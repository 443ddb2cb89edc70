//! The plain twin.

use crate::hierarchy::{Hierarchy, is_container};
use base::{Meter, NoMemory, ObjectId, Slot};
use containers::{Located, Visitor};
use std::alloc::Global;
use std::mem;

/// A container that lists an object.
#[derive(Clone, Copy, PartialEq, Eq, Debug)]
struct Link {
    container: ObjectId,
    object: ObjectId,
}

/// The ids that are there, rising, and all links in the order in which they were made. It has no slots, so it hands a
/// visitor slot 0 always. After want of memory it is not to be used again.
#[derive(Drop)]
pub struct Twin {
    alloc: Global,
    pool: usize,
    ids: Vec<ObjectId>,
    links: Vec<Link>,
}

// What a visitor is handed of an id.
fn place(id: ObjectId) -> Located {
    Located { id, slot: Slot(0) }
}

// The root, and what these ids list.
fn one_further(alloc: Global, links: &[Link], ids: &[ObjectId]) -> Result<Vec<ObjectId>, NoMemory> {
    let mut further = vec![in alloc; ObjectId::root()]?;
    for link in links {
        if ids.contains(&link.container) && !further.contains(&link.object) {
            further.push(link.object)?;
        }
    }
    Ok(further)
}

// What paths of links lead to from the root. No path needs more links than there are.
fn reached(alloc: Global, links: &[Link]) -> Result<Vec<ObjectId>, NoMemory> {
    let mut ids = vec![in alloc; ObjectId::root()]?;
    for _ in 0..links.len() {
        ids = one_further(alloc, links, &ids)?;
    }
    Ok(ids)
}

impl Twin {
    /// The root alone, in a pool of so many objects and as many links.
    pub fn boot(alloc: Global, pool: usize) -> Result<Twin, NoMemory> {
        let ids = vec![in alloc; ObjectId::root()]?;
        Ok(Twin {
            alloc,
            pool,
            ids,
            links: Vec::new(alloc),
        })
    }

    fn has(&self, id: ObjectId) -> bool {
        self.ids.contains(&id)
    }

    fn is_listed(&self, container: ObjectId, object: ObjectId) -> bool {
        self.links.contains(&Link { container, object })
    }

    fn has_room(&self) -> bool {
        self.links.len() < self.pool
    }

    // Keeps what is reached, and hands the rest over.
    fn keep_reached(
        &mut self,
        live: &[ObjectId],
        visitor: &mut impl Visitor,
    ) -> Result<(), NoMemory> {
        let mut links = Vec::new(self.alloc);
        for link in &self.links {
            if live.contains(&link.container) {
                links.push(*link)?;
            } else {
                visitor.link(place(link.container), place(link.object));
            }
        }
        let mut meter = Meter::new(self.alloc)?;
        let mut ids = Vec::new(self.alloc);
        for id in &self.ids {
            if live.contains(id) {
                ids.push(*id)?;
            } else {
                visitor.object(place(*id), &mut meter);
            }
        }
        self.links = links;
        self.ids = ids;
        Ok(())
    }
}

impl Hierarchy for Twin {
    fn create(&mut self, container: ObjectId, id: ObjectId) -> Result<bool, NoMemory> {
        let is_above = self.ids.iter().all(|other| *other < id);
        if !is_container(container) || !self.has(container) || !is_above {
            return Ok(false);
        }
        if self.ids.len() >= self.pool || !self.has_room() {
            return Ok(false);
        }
        self.ids.push(id)?;
        self.links.push(Link {
            container,
            object: id,
        })?;
        Ok(true)
    }

    fn link(&mut self, container: ObjectId, object: ObjectId) -> Result<bool, NoMemory> {
        if !is_container(container) || !self.has(container) || !self.has(object) {
            return Ok(false);
        }
        if object == ObjectId::root() || is_container(object) && object <= container {
            return Ok(false);
        }
        if self.is_listed(container, object) || !self.has_room() {
            return Ok(false);
        }
        self.links.push(Link { container, object })?;
        Ok(true)
    }

    fn unref<V: Visitor>(
        &mut self,
        container: ObjectId,
        object: ObjectId,
        visitor: &mut V,
    ) -> Result<bool, NoMemory> {
        let cut = Link { container, object };
        let mut rest = Vec::new(self.alloc);
        for link in &self.links {
            if *link != cut {
                rest.push(*link)?;
            }
        }
        if rest.len() == self.links.len() {
            return Ok(false);
        }
        visitor.link(place(container), place(object));
        let live = reached(self.alloc, &rest)?;
        let _old = mem::replace(&mut self.links, rest);
        self.keep_reached(&live, visitor)?;
        Ok(true)
    }

    fn parent(&mut self, object: ObjectId) -> Option<ObjectId> {
        let first = self.links.iter().find(|link| link.object == object);
        first.map(|link| link.container)
    }

    fn entries(&mut self, id: ObjectId, from: usize, window: &mut [ObjectId]) -> Option<usize> {
        if !self.has(id) {
            return None;
        }
        let listed = self.links.iter().filter(|link| link.container == id);
        for (cell, link) in window.iter_mut().zip(listed.skip(from)) {
            *cell = link.object;
        }
        let len = self
            .links
            .iter()
            .filter(|link| link.container == id)
            .count();
        Some(window.len().min(len.saturating_sub(from)))
    }

    fn count(&self) -> usize {
        self.ids.len()
    }

    fn live(&mut self, place: usize) -> Option<ObjectId> {
        self.ids.get(place).copied()
    }
}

* _Problem to work on_: Would you mind copying all of the records exactly?

* _Exercise result_:
repository 443ddb2cb89edc70
//! The plain twin.

use crate::hierarchy::{Hierarchy, is_container};
use base::{Meter, NoMemory, ObjectId, Slot};
use containers::{Located, Visitor};
use std::alloc::Global;
use std::mem;

/// A container that lists an object.
#[derive(Clone, Copy, PartialEq, Eq, Debug)]
struct Link {
    container: ObjectId,
    object: ObjectId,
}

/// The ids that are there, rising, and all links in the order in which they were made. It has no slots, so it hands a
/// visitor slot 0 always. After want of memory it is not to be used again.
#[derive(Drop)]
pub struct Twin {
    alloc: Global,
    pool: usize,
    ids: Vec<ObjectId>,
    links: Vec<Link>,
}

// What a visitor is handed of an id.
fn place(id: ObjectId) -> Located {
    Located { id, slot: Slot(0) }
}

// The root, and what these ids list.
fn one_further(alloc: Global, links: &[Link], ids: &[ObjectId]) -> Result<Vec<ObjectId>, NoMemory> {
    let mut further = vec![in alloc; ObjectId::root()]?;
    for link in links {
        if ids.contains(&link.container) && !further.contains(&link.object) {
            further.push(link.object)?;
        }
    }
    Ok(further)
}

// What paths of links lead to from the root. No path needs more links than there are.
fn reached(alloc: Global, links: &[Link]) -> Result<Vec<ObjectId>, NoMemory> {
    let mut ids = vec![in alloc; ObjectId::root()]?;
    for _ in 0..links.len() {
        ids = one_further(alloc, links, &ids)?;
    }
    Ok(ids)
}

impl Twin {
    /// The root alone, in a pool of so many objects and as many links.
    pub fn boot(alloc: Global, pool: usize) -> Result<Twin, NoMemory> {
        let ids = vec![in alloc; ObjectId::root()]?;
        Ok(Twin {
            alloc,
            pool,
            ids,
            links: Vec::new(alloc),
        })
    }

    fn has(&self, id: ObjectId) -> bool {
        self.ids.contains(&id)
    }

    fn is_listed(&self, container: ObjectId, object: ObjectId) -> bool {
        self.links.contains(&Link { container, object })
    }

    fn has_room(&self) -> bool {
        self.links.len() < self.pool
    }

    // Keeps what is reached, and hands the rest over.
    fn keep_reached(
        &mut self,
        live: &[ObjectId],
        visitor: &mut impl Visitor,
    ) -> Result<(), NoMemory> {
        let mut links = Vec::new(self.alloc);
        for link in &self.links {
            if live.contains(&link.container) {
                links.push(*link)?;
            } else {
                visitor.link(place(link.container), place(link.object));
            }
        }
        let mut meter = Meter::new(self.alloc)?;
        let mut ids = Vec::new(self.alloc);
        for id in &self.ids {
            if live.contains(id) {
                ids.push(*id)?;
            } else {
                visitor.object(place(*id), &mut meter);
            }
        }
        self.links = links;
        self.ids = ids;
        Ok(())
    }
}

impl Hierarchy for Twin {
    fn create(&mut self, container: ObjectId, id: ObjectId) -> Result<bool, NoMemory> {
        let is_above = self.ids.iter().all(|other| *other < id);
        if !is_container(container) || !self.has(container) || !is_above {
            return Ok(false);
        }
        if self.ids.len() >= self.pool || !self.has_room() {
            return Ok(false);
        }
        self.ids.push(id)?;
        self.links.push(Link {
            container,
            object: id,
        })?;
        Ok(true)
    }

    fn link(&mut self, container: ObjectId, object: ObjectId) -> Result<bool, NoMemory> {
        if !is_container(container) || !self.has(container) || !self.has(object) {
            return Ok(false);
        }
        if object == ObjectId::root() || is_container(object) && object <= container {
            return Ok(false);
        }
        if self.is_listed(container, object) || !self.has_room() {
            return Ok(false);
        }
        self.links.push(Link { container, object })?;
        Ok(true)
    }

    fn unref<V: Visitor>(
        &mut self,
        container: ObjectId,
        object: ObjectId,
        visitor: &mut V,
    ) -> Result<bool, NoMemory> {
        let cut = Link { container, object };
        let mut rest = Vec::new(self.alloc);
        for link in &self.links {
            if *link != cut {
                rest.push(*link)?;
            }
        }
        if rest.len() == self.links.len() {
            return Ok(false);
        }
        visitor.link(place(container), place(object));
        let live = reached(self.alloc, &rest)?;
        let _old = mem::replace(&mut self.links, rest);
        self.keep_reached(&live, visitor)?;
        Ok(true)
    }

    fn parent(&mut self, object: ObjectId) -> Option<ObjectId> {
        let first = self.links.iter().find(|link| link.object == object);
        first.map(|link| link.container)
    }

    fn entries(&mut self, id: ObjectId, from: usize, window: &mut [ObjectId]) -> Option<usize> {
        if !self.has(id) {
            return None;
        }
        let listed = self.links.iter().filter(|link| link.container == id);
        for (cell, link) in window.iter_mut().zip(listed.skip(from)) {
            *cell = link.object;
        }
        let len = self
            .links
            .iter()
            .filter(|link| link.container == id)
            .count();
        Some(window.len().min(len.saturating_sub(from)))
    }

    fn count(&self) -> usize {
        self.ids.len()
    }

    fn live(&mut self, place: usize) -> Option<ObjectId> {
        self.ids.get(place).copied()
    }
}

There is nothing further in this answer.